*Source material*
####
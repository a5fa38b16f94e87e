ghost use Rattle.std.specs.Prelude.{◌≡◌, ◌+◌, ◌≤◌, ◌++◌, ◌∷◌, length, decimal, vec_len, vec_capacity, IfOk, IsOk, OnOk};
ghost use Rattle.br_model.specs.Text.{line, escaped};
ghost use Rattle.br_model.specs.Console as model;

use br_types::push_escaped;
use itoa::Buffer;
use std::alloc::{AllocError, Global};

/// The room for a number of at most 20 digits, a space, a word of at most eight letters and the
/// end of a line.
pub(crate) const COUNT_LINE_LEN: usize = 64;

/// Writes a path as a line, escaped.
pub(crate) fn push_path(text: &mut Vec<u8>, path: &[u8]) -> Result<(), AllocError>
    ensures { OnOk result (text.new.items ≡ text.old.items ++ line (escaped path.now)) }
{
    push_escaped(text, path)?;
    text.extend_from_slice(b"\n")
}

/// Writes a name after its sign as a line.
pub(crate) fn push_signed(text: &mut Vec<u8>, sign: u8, name: &[u8]) -> Result<(), AllocError>
    ensures { OnOk result (text.new.items ≡ text.old.items ++ line (sign ∷ escaped name.now)) }
{
    text.extend_from_slice(&[sign])?;
    push_path(text, name)
}

/// Returns the line that shows the directory of the console.
pub(crate) fn cwd_line(alloc: Global, directory: &[u8]) -> Result<Vec<u8>, AllocError>
    ensures { IfOk result (λ text. text.items ≡ model.cwd_line directory.now) }
{
    let mut text = Vec::from_slice(alloc, b"cwd is: ")?;
    push_path(&mut text, directory)?;
    Ok(text)
}

/// Writes the number of paths that gained or lost a mark. It can't fail if there is room for
/// `COUNT_LINE_LEN` bytes.
pub(crate) fn push_count(text: &mut Vec<u8>, count: u64, word: &[u8]) -> Result<(), AllocError>
    requires { length word.now ≤ 8 }
    ensures written { OnOk result (text.new.items ≡ text.old.items ++ model.count_line count word.now) }
    ensures room { vec_len text.old + 64 ≤ vec_capacity text.old → IsOk result }
{
    let mut buffer = Buffer::new();
    text.extend_from_slice(buffer.format(count).as_bytes())?;
    text.extend_from_slice(b" ")?;
    text.extend_from_slice(word)?;
    text.extend_from_slice(b"\n")
}

/// Returns a line of two numbers, each with a text after it.
pub(crate) fn totals_line(
    alloc: Global,
    first: u64,
    middle: &[u8],
    second: u128,
    end: &[u8],
) -> Result<Vec<u8>, AllocError>
    ensures { IfOk result (λ text. text.items ≡ line (decimal first ++ middle.now ++ decimal second ++ end.now)) }
{
    let mut text = Vec::new(alloc);
    let mut buffer = Buffer::new();
    text.extend_from_slice(buffer.format(first).as_bytes())?;
    text.extend_from_slice(middle)?;
    text.extend_from_slice(buffer.format(second).as_bytes())?;
    text.extend_from_slice(end)?;
    text.extend_from_slice(b"\n")?;
    Ok(text)
}
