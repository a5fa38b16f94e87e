ghost use Rattle.std.specs.Prelude.{◌≡◌};
ghost use Rattle.br_mark.specs.Fault.{fault_number};
ghost use Rattle.br_mark.specs.declared.fault.MarkFault.TheVariants.{Memory};

use std::alloc::AllocError;
use thiserror::Error;

/// Why a line or a command was refused.
#[derive(Clone, Copy, Debug, Error)]
pub enum MarkFault {
    #[error("out of memory")]
    Memory,
    #[error("not a command, or one whose argument is missing or too much")]
    UnknownCommand,
    #[error("no such directory")]
    NoSuchDirectory,
    #[error("nothing matches")]
    NoMatch,
}

impl MarkFault {
    /// Returns the number of the refusal: 1 out of memory, 55 no command, 56 no such directory, 57 nothing matches.
    pub fn number(self) -> u32
        ensures { result ≡ fault_number self }
    {
        match self {
            MarkFault::Memory => 1,
            MarkFault::UnknownCommand => 55,
            MarkFault::NoSuchDirectory => 56,
            MarkFault::NoMatch => 57,
        }
    }
}

impl From<AllocError> for MarkFault {
    ghost from_gives = { λ _ e. e ≡ Memory };

    fn from(_e: AllocError) -> MarkFault {
        MarkFault::Memory
    }
}
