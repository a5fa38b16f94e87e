//! Numbers and attribute records of files, as backups store them: base 64 numbers, the 14 numbers
//! of a file, and the record that names a file and its numbers.
//!
//! Any call that returns a `Result` with `AllocError`, or an enum with `Memory`, may also fail
//! because memory ran out.
#![tactic(auto)]

mod attr;
mod fault;
mod number64;
mod stat;

pub use attr::{Attr, write_attributes};
pub use fault::AttrFault;
pub use number64::{read_number, write_number};
pub use stat::Stat;
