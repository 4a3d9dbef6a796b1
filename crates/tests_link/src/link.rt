use it_types::{NoMemory, PackNo};
use rand_core::utils::NextWord;
use rand_pcg::Lcg64Xsh32;
use std::process::Abort;
use std::test::*;
use w_link::Link;

// The first words of a key on stream 1. They come from the reference implementation of PCG32 in C (O'Neill, pcg-random.org), by
// `pcg32_srandom_r` of the key and the sequence 1 and then `pcg32_random_r`.
const WORDS_OF_KEY_0: [u32; 12] = [
    0x0f5deba9, 0x184296dd, 0x357643f4, 0xf8e84c31, 0xaac1ca89, 0x4555f003, 0x24d8217a, 0x3e18cb9c,
    0x537b339d, 0xe981425e, 0x059ec9a4, 0x359def9d,
];

const WORDS_OF_KEY_1: [u32; 12] = [
    0xc9828f91, 0x1592e274, 0xc0262657, 0xa5c2b6d3, 0xaf811256, 0x6c1c2879, 0x30130b26, 0x9cc21c33,
    0xd137ef42, 0x908262ab, 0xd24d7799, 0xaa1118ab,
];

const WORDS_OF_LAST_KEY: [u32; 12] = [
    0xe2393051, 0xd4ee9aa6, 0x724075bd, 0xdbc6f13b, 0xbfc7dd95, 0x7b2d3585, 0x07f0a249, 0xdcb78f67,
    0x86cf0e77, 0xaa9871fa, 0x709767b6, 0xdeae0880,
];

fn expect_words(rt: &impl Abort, key: u64, words: &[u32]) {
    let mut generator = Lcg64Xsh32::new(key, 1);
    for word in words {
        let next: u32 = generator.next_word();
        assert_eq!(rt; next, *word);
    }
}

#[test]
fn words_of_the_reference_implementation(rt: HostRuntime) {
    expect_words(&rt, 0, &WORDS_OF_KEY_0);
    expect_words(&rt, 1, &WORDS_OF_KEY_1);
    expect_words(&rt, u64::MAX, &WORDS_OF_LAST_KEY);
}

// What the link gives at the tick, one after another, is these packets and no more.
fn expect_due(rt: &impl Abort, link: &mut Link, now: u64, packets: &[u32]) {
    for packet in packets {
        assert_eq!(rt; link.next(now), Some(PackNo(*packet)));
    }
    assert_eq!(rt; link.next(now), None);
}

// By those words, where 3 of 16 are lost, 2 delivered twice and none is later than 7 ticks: packet 0 is lost, packet 1 comes after 6
// ticks and its second copy after 1, packet 2 comes after 3 ticks and packet 3 after 1.
#[test]
fn lost_doubled_and_late(rt: HostRuntime) -> Result<(), NoMemory> {
    let mut link = Link::open(rt.alloc(), 1, 3, 2, 7);
    assert!(rt; link.idle());
    link.sent(PackNo(0), 10)?;
    assert!(rt; link.idle());
    link.sent(PackNo(1), 10)?;
    link.sent(PackNo(2), 10)?;
    expect_due(&rt, &mut link, 10, &[]);
    expect_due(&rt, &mut link, 11, &[1]);
    link.sent(PackNo(3), 11)?;
    expect_due(&rt, &mut link, 12, &[3]);
    assert!(rt; !link.idle());
    expect_due(&rt, &mut link, 20, &[2, 1]);
    assert!(rt; link.idle());
    Ok(())
}

// With the last key packet 0 is lost, packet 1 comes twice after 5 ticks, packet 2 twice after 7 ticks, and packet 3 after 6 ticks
// and at once.
#[test]
fn several_at_one_tick(rt: HostRuntime) -> Result<(), NoMemory> {
    let mut link = Link::open(rt.alloc(), u64::MAX, 4, 8, 7);
    for number in 0..4 {
        link.sent(PackNo(number), 0)?;
    }
    expect_due(&rt, &mut link, 100, &[3, 1, 1, 3, 2, 2]);
    assert!(rt; link.idle());
    Ok(())
}

#[test]
fn sound_link(rt: HostRuntime) -> Result<(), NoMemory> {
    let mut link = Link::open(rt.alloc(), 0, 0, 0, 0);
    for number in 0..100 {
        link.sent(PackNo(number), 3)?;
    }
    for number in 0..100 {
        assert_eq!(rt; link.next(3), Some(PackNo(number)));
    }
    assert!(rt; link.idle());
    Ok(())
}

#[test]
fn broken_link(rt: HostRuntime) -> Result<(), NoMemory> {
    let mut link = Link::open(rt.alloc(), 0, 16, 0, 1000);
    for number in 0..100 {
        link.sent(PackNo(number), 0)?;
    }
    assert!(rt; link.idle());
    assert_eq!(rt; link.next(5000), None);
    Ok(())
}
####
*What is expected*
In your answer, include only the lines above starting at the line that holds "assert_eq!(rt; link.next(now), Some(PackNo(*packet)));" and ending at the line that holds "comes after 6", copied exactly.

*Written reply*
        assert_eq!(rt; link.next(now), Some(PackNo(*packet)));
    }
    assert_eq!(rt; link.next(now), None);
}

// By those words, where 3 of 16 are lost, 2 delivered twice and none is later than 7 ticks: packet 0 is lost, packet 1 comes after 6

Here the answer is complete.